[Work to be completed] Count the lines below that hold "above". Give the number without comment.

[Saved entries]

--------

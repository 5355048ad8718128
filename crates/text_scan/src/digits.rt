//! Digits in a base from 2 to 16: what they spell, and numbers written in them.

ghost use Rattle.std.specs.Prelude.{◌≡◌, ◌+◌, ◌-◌, ◌^◌, ◌<◌, ◌≤◌, ◌++◌, ◌⊎◌, ◌&&◌, false, nat_le};
ghost use Rattle.std.specs.Prelude.{if◌then◌else◌, length, take, drop, map};
ghost use Rattle.std.specs.Fmt.{digit_glyph, digits};
ghost use Rattle.std.specs.List.{join_with_byte};
ghost use Rattle.text_scan.specs.Digits.{are_digits, is_group, place_value, run_of};

/// What the digits of the base spell that the text begins with, and how many they are.
///
/// None where it begins with no digit, or where the value is above 64 bits.
pub fn leading_digits(text: &[u8], base: u32) -> Option<(u64, usize)>
    requires low { 2 ≤ base }
    requires high { base ≤ 16 }
    ensures { let run = run_of base text.now in
        result ≡ (if nat_le 1 (length run) && nat_le (place_value base run) (2 ^ 64 - 1)
        then Some (place_value base run, length run) else None) }
{
    let len = run_len(text, base);
    if len == 0 {
        return None;
    }
    Some((digits_value(&text[..len], base)?, len))
}

/// How many digits of the base the text begins with.
fn run_len(text: &[u8], base: u32) -> usize
    requires low { 2 ≤ base }
    requires high { base ≤ 16 }
    ensures { result ≡ length (run_of base text.now) }
{
    text.iter()
        .take_while(|byte| char::from(**byte).is_digit(base))
        .count()
}

/// What a text of digits of the base spells, and 0 for an empty text. None where another byte
/// stands in it, or where the value is above 64 bits.
///
/// The base is 2 to 16. It takes no memory.
pub fn digits_value(text: &[u8], base: u32) -> Option<u64>
    requires low { 2 ≤ base }
    requires high { base ≤ 16 }
    ensures { let value = place_value base text.now in
        result ≡ (if are_digits base text.now && nat_le value (2 ^ 64 - 1)
        then Some value else None) }
{
    let mut value = 0u64;
    for byte in text {
        let digit = char::from(*byte).to_digit(base)?;
        value = value
            .checked_mul(u64::from(base))?
            .checked_add(u64::from(digit))?;
    }
    Some(value)
}

/// The value of a group: digits of the base and nothing else, at least one and at most `most`.
pub fn group_value(text: &[u8], base: u32, most: usize) -> Option<u16>
    requires low { 2 ≤ base }
    requires high { base ≤ 16 }
    requires short { most ≤ 4 }
    ensures { result ≡
        (if is_group base most text.now then Some (place_value base text.now) else None) }
{
    if text.is_empty() || most < text.len() {
        return None;
    }
    Some(digits_value(text, base)? as u16)
}

/// Writes numbers in the base at the beginning of `into`, separated by the separator, and gives the
/// length of the text.
///
/// The base is 10 or 16. The bytes of `into` after the text stay as they are.
pub fn put_groups(groups: &[u16], base: u16, separator: u8, into: &mut [u8; 40]) -> usize
    requires base { (base ≡ 10) ⊎ (base ≡ 16) }
    requires room { length (join_with_byte separator (map (digits base false) groups.now)) ≤ 40 }
    ensures len { result ≡
        length (join_with_byte separator (map (digits base false) groups.now)) }
    ensures text { take result into.new ≡
        join_with_byte separator (map (digits base false) groups.now) }
    ensures after { drop result into.new ≡ drop result into.old }
{
    let mut len = 0;
    for (place, group) in groups.iter().enumerate() {
        if place > 0 {
            into[len] = separator;
            len += 1;
        }
        len = put_digits(*group, base, into, len);
    }
    len
}

/// Writes a value in the base at place `at` of `into`, without leading zeros, and gives the place
/// after it.
fn put_digits(value: u16, base: u16, into: &mut [u8; 40], at: usize) -> usize
    requires base { (base ≡ 10) ⊎ (base ≡ 16) }
    requires room { at + length (digits base false value) ≤ 40 }
    ensures len { result ≡ at + length (digits base false value) }
    ensures text { take result into.new ≡ take at into.old ++ digits base false value }
    ensures after { drop result into.new ≡ drop result into.old }
{
    let place = if value < base {
        at
    } else {
        put_digits(value / base, base, into, at)
    };
    into[place] = digit_char((value % base) as u8);
    place + 1
}

/// The character of a digit: `0` to `9`, and `a` to `f` from 10 on.
fn digit_char(digit: u8) -> u8
    requires { digit < 16 }
    ensures { result ≡ digit_glyph false digit }
{
    if digit < 10 {
        b'0' + digit
    } else {
        b'a' + (digit - 10)
    }
}
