//! IPv6 addresses in text.

ghost use Rattle.std.specs.Prelude.{◌≡◌, ◌+◌, ◌≤◌, ◌/◌, ◌%◌, ◌^◌, ◌<◌, if◌then◌else◌, length, take};
ghost use Rattle.std.specs.Prelude.{drop, IfSome};
ghost use Rattle.text_scan.specs.Ip6.{gap_place, has_gap, ip6_of};
ghost use Rattle.text_scan.specs.Ip6Text.{ip6_spelling};

use crate::digits::put_groups;
use crate::pieces::{first_pieces, last_pieces};

/// How many groups may be written beside `::`, which stands for one or more.
const MOST_BESIDE_GAP: u32 = 7;

/// The IPv6 address that the whole text spells: eight groups of one to four hexadecimal digits of
/// either case, parted by `:`.
///
/// `::` may stand once, for one or more groups of zeros, and an IPv4 address for the last two
/// groups of the text. The first group is the most significant. None exactly where the text has
/// another form, as with a zone or a prefix length. It takes no memory. Source: RFC 4291, section
/// 2.2.
pub fn ip6_text(bytes: &[u8]) -> Option<u128>
    ensures { result ≡ ip6_of bytes.now }
{
    let Some(place) = find_gap(bytes) else {
        let pieces = last_pieces(bytes)?;
        return (pieces.count == 8).then_some(pieces.value);
    };
    let before = first_pieces(&bytes[..place])?;
    let after = last_pieces(&bytes[place + 2..])?;
    if before.count + after.count > MOST_BESIDE_GAP {
        return None;
    }
    // Two shifts: with nothing before `::` one alone would be by all 128 bits, which isn't defined.
    let above = before.value << (16 * (7 - before.count)) << 16;
    Some(above + after.value)
}

/// The place of the first `::`.
fn find_gap(text: &[u8]) -> Option<usize>
    ensures within { IfSome result (λ place. place + 2 ≤ length text.now) }
    ensures first { result ≡ (if has_gap text.now then Some (gap_place text.now) else None) }
{
    for place in 0..text.len() {
        if text[place..].starts_with(b"::") {
            return Some(place);
        }
    }
    None
}

/// Prints an IPv6 address as eight groups of lower-case hexadecimal digits, without leading zeros
/// and without `::`, and gives the length of the text.
///
/// The text has at most 39 bytes and stands at the beginning of `into`; the bytes after it stay as
/// they are. It refuses nothing and takes no memory. Source: RFC 4291, section 2.2, form 1.
pub fn put_ip6(value: u128, into: &mut [u8; 40]) -> usize
    ensures len { result ≡ length (ip6_spelling value) }
    ensures fits { result ≤ 39 }
    ensures text { take result into.new ≡ ip6_spelling value }
    ensures after { drop result into.new ≡ drop result into.old }
{
    let pieces = [
        piece_at(value, 7),
        piece_at(value, 6),
        piece_at(value, 5),
        piece_at(value, 4),
        piece_at(value, 3),
        piece_at(value, 2),
        piece_at(value, 1),
        piece_at(value, 0),
    ];
    put_groups(&pieces, 16, b':', into)
}

/// The number of 16 bits at a place of the address, counted from the last one.
fn piece_at(value: u128, place: u32) -> u16
    requires { place < 8 }
    ensures { result ≡ value / 65536 ^ place % 65536 }
{
    (value >> (16 * place) & 0xffff) as u16
}
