//! The packet of a record.

ghost use Rattle.std.specs.Prelude.{◌≡◌, ◌+◌, ◌<◌, ◌≤◌, ◌++◌, All, length, take};
ghost use Rattle.table_sizes.specs.Groups.{ip6_key_len};
ghost use Rattle.header_extract.specs.Class.{settled};
ghost use Rattle.header_extract.specs.Link.{frame_class};
ghost use Rattle.capture_report.specs.Packet.{IsPacket};

use crate::lines::put_at;
use header_extract::{Class, KeyBuf, extract};
use pcap_reader::Link;
use std::marker::Model;
use table_sizes::{IP4_KEY_LEN, IP6_KEY_LEN};

/// The class of a record's frame, and the key of the packet in it. Contracts see the bytes of the
/// key, which are none where the frame has no packet.
#[derive(Drop)]
pub struct Packet {
    class: Class,
    /// The key stands in front.
    room: KeyBuf,
}

impl Model for Packet {
    ghost use Rattle.std.specs.Prelude.{take};
    ghost use Rattle.header_extract.specs.Class.{FrameClass};
    ghost use Rattle.header_extract.specs.Extracted.{key_len};

    ghost Value = { FrameClass };

    ghost view = { λ packet. record {
      class = packet.class;
      key = take (key_len packet.class) packet.room.bytes;
    } };
}

impl Packet {
    /// No packet yet: room for the packet of a frame. It takes no memory.
    pub fn new() -> Packet {
        Packet {
            class: Class::Other,
            room: KeyBuf {
                bytes: [0; IP6_KEY_LEN],
            },
        }
    }

    /// Makes it the packet of a frame by its link type. It refuses nothing and takes no memory.
    #[inline]
    pub fn read(&mut self, link: Link, frame: &[u8])
        ensures packet { self.new ≡ settled (frame_class link frame.now) }
        ensures key { IsPacket self.new }
    {
        self.class = extract(link, frame, &mut self.room);
        are_bytes(&self.room.bytes);
    }

    /// The class of the frame.
    pub fn class(&self) -> Class
        ensures { result ≡ self.now.class }
    {
        self.class
    }

    /// Writes the key of the packet, of 13 bytes for IPv4 and 37 for IPv6, at the place `at`, and
    /// gives the place after it.
    #[inline(always)]
    pub fn put_key(&self, into: &mut [u8], at: usize) -> usize
        requires room { at + ip6_key_len ≤ length into.old }
        ensures end { result ≤ at + ip6_key_len }
        ensures key { take result into.new ≡ take at into.old ++ self.now.key }
        ensures len { length into.new ≡ length into.old }
    {
        // Bytes of its own can't be those of the other keys, so that no test asks whether they are.
        let mut bytes = [0; IP6_KEY_LEN];
        bytes.copy_from_slice(&self.room.bytes);
        match self.class {
            Class::Ip4 => put_at(into, at, &bytes[..IP4_KEY_LEN]),
            Class::Ip6 => put_at(into, at, &bytes),
            Class::Other | Class::Short => at,
        }
    }
}

/// Each element of a slice of bytes is below 256, which definitions of keys want to be told. It
/// does nothing when it is run.
#[inline(always)]
fn are_bytes(bytes: &[u8])
    ensures { All (λ byte. byte < 256) bytes.now }
{
    let _ = bytes;
}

--------

[Answer to the exercise] 4